*** Opening of Data listing ***

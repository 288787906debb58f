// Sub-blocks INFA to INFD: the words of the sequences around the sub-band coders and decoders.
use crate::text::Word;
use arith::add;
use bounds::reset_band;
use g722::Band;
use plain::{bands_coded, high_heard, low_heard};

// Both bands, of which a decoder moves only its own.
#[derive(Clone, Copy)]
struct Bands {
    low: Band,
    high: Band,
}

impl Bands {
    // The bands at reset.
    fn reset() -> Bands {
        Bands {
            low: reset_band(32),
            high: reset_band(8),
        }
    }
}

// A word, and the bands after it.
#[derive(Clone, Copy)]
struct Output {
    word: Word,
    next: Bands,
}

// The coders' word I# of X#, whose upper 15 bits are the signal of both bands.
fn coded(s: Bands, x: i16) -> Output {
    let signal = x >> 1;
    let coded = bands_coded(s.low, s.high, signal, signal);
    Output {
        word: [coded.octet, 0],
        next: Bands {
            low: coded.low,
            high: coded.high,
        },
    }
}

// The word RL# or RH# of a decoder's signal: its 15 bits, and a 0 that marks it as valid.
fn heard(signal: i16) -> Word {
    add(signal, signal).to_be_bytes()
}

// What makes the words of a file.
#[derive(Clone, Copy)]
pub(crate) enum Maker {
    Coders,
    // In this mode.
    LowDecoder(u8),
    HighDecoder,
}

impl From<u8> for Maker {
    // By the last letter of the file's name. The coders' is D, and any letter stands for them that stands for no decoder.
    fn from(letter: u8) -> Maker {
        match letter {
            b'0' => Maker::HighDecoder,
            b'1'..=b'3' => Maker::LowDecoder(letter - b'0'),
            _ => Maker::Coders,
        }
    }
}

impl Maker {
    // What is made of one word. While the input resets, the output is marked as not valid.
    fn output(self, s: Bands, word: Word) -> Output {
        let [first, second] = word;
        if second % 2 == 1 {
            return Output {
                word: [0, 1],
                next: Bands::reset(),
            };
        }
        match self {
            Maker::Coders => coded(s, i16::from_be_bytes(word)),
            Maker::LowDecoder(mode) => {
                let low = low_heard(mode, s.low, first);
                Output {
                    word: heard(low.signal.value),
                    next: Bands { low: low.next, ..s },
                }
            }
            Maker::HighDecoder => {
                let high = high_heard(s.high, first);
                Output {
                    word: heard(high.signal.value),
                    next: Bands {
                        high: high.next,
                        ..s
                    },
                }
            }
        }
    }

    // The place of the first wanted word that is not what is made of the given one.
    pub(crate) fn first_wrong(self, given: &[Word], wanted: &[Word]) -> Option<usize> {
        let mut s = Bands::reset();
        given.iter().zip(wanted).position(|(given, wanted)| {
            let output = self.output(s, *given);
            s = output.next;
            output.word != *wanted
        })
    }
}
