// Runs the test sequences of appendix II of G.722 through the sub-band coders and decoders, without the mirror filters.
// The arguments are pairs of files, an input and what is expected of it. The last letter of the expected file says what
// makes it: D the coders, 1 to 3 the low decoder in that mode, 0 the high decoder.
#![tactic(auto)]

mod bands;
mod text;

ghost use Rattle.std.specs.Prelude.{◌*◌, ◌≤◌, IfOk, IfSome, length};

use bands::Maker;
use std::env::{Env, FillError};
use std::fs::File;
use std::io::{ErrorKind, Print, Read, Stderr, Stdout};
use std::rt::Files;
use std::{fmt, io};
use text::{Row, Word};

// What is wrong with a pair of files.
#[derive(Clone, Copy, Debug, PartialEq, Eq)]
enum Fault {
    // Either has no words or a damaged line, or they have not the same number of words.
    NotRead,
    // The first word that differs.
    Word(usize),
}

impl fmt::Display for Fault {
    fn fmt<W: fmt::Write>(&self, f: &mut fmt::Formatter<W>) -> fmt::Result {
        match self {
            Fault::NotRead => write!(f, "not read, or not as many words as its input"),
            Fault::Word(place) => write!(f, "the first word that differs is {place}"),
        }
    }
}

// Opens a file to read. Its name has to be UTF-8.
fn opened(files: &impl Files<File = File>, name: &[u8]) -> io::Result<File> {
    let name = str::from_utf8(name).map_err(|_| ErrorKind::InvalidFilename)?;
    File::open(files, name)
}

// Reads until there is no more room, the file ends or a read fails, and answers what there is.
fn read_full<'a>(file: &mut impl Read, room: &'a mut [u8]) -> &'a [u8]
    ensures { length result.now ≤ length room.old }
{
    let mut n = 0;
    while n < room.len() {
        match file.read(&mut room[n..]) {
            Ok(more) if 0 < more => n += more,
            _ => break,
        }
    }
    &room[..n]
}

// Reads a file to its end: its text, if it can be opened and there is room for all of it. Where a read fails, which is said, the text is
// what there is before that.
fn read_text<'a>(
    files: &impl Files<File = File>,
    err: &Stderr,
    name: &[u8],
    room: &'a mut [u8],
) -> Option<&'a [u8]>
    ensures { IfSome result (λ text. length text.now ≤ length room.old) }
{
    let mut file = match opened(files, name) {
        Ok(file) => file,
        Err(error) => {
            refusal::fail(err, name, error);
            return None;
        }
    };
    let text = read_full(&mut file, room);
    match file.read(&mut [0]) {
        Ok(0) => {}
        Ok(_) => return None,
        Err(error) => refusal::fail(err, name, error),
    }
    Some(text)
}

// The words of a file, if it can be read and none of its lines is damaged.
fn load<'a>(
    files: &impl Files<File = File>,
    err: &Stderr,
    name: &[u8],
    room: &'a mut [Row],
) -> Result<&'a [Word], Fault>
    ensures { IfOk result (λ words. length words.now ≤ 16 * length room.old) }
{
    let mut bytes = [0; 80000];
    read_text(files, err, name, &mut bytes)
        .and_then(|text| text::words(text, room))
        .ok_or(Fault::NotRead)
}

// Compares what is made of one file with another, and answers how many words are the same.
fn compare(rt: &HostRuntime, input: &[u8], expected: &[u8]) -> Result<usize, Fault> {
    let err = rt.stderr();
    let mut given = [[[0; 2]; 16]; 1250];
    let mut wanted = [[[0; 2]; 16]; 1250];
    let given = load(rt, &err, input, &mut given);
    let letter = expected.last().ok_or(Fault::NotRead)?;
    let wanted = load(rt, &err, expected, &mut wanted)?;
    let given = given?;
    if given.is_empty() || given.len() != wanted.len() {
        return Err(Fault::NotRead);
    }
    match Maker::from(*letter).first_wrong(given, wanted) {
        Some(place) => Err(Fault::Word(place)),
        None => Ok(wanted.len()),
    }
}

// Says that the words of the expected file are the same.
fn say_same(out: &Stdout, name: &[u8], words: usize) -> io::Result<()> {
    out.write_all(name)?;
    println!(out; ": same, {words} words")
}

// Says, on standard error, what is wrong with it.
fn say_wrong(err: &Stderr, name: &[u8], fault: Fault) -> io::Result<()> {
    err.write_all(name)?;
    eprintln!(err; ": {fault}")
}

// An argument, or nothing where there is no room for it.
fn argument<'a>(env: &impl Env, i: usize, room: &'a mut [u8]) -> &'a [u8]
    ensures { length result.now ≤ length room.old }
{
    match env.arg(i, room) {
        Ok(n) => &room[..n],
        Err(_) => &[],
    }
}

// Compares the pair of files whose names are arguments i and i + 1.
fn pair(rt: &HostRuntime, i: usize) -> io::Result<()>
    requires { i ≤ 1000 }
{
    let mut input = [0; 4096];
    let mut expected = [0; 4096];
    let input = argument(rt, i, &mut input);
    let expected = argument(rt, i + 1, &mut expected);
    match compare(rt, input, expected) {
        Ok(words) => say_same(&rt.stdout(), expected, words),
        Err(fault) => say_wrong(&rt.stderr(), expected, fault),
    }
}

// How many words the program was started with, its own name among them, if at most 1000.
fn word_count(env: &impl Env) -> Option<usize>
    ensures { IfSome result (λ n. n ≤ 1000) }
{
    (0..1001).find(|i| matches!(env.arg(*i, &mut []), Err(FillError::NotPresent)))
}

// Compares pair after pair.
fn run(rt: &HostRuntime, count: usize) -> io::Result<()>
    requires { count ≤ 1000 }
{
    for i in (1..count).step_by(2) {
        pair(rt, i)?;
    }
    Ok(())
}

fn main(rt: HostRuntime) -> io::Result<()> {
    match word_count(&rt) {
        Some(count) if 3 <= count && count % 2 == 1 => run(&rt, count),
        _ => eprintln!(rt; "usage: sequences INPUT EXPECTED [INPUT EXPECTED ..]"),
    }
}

*** Close of Data listing ***

**Work instruction:**
If a line in the records includes the string "given", copy it.

**Response for this exercise:**
    // The place of the first wanted word that is not what is made of the given one.
    pub(crate) fn first_wrong(self, given: &[Word], wanted: &[Word]) -> Option<usize> {
        given.iter().zip(wanted).position(|(given, wanted)| {
            let output = self.output(s, *given);
    let mut given = [[[0; 2]; 16]; 1250];
    let given = load(rt, &err, input, &mut given);
    let given = given?;
    if given.is_empty() || given.len() != wanted.len() {
    match Maker::from(*letter).first_wrong(given, wanted) {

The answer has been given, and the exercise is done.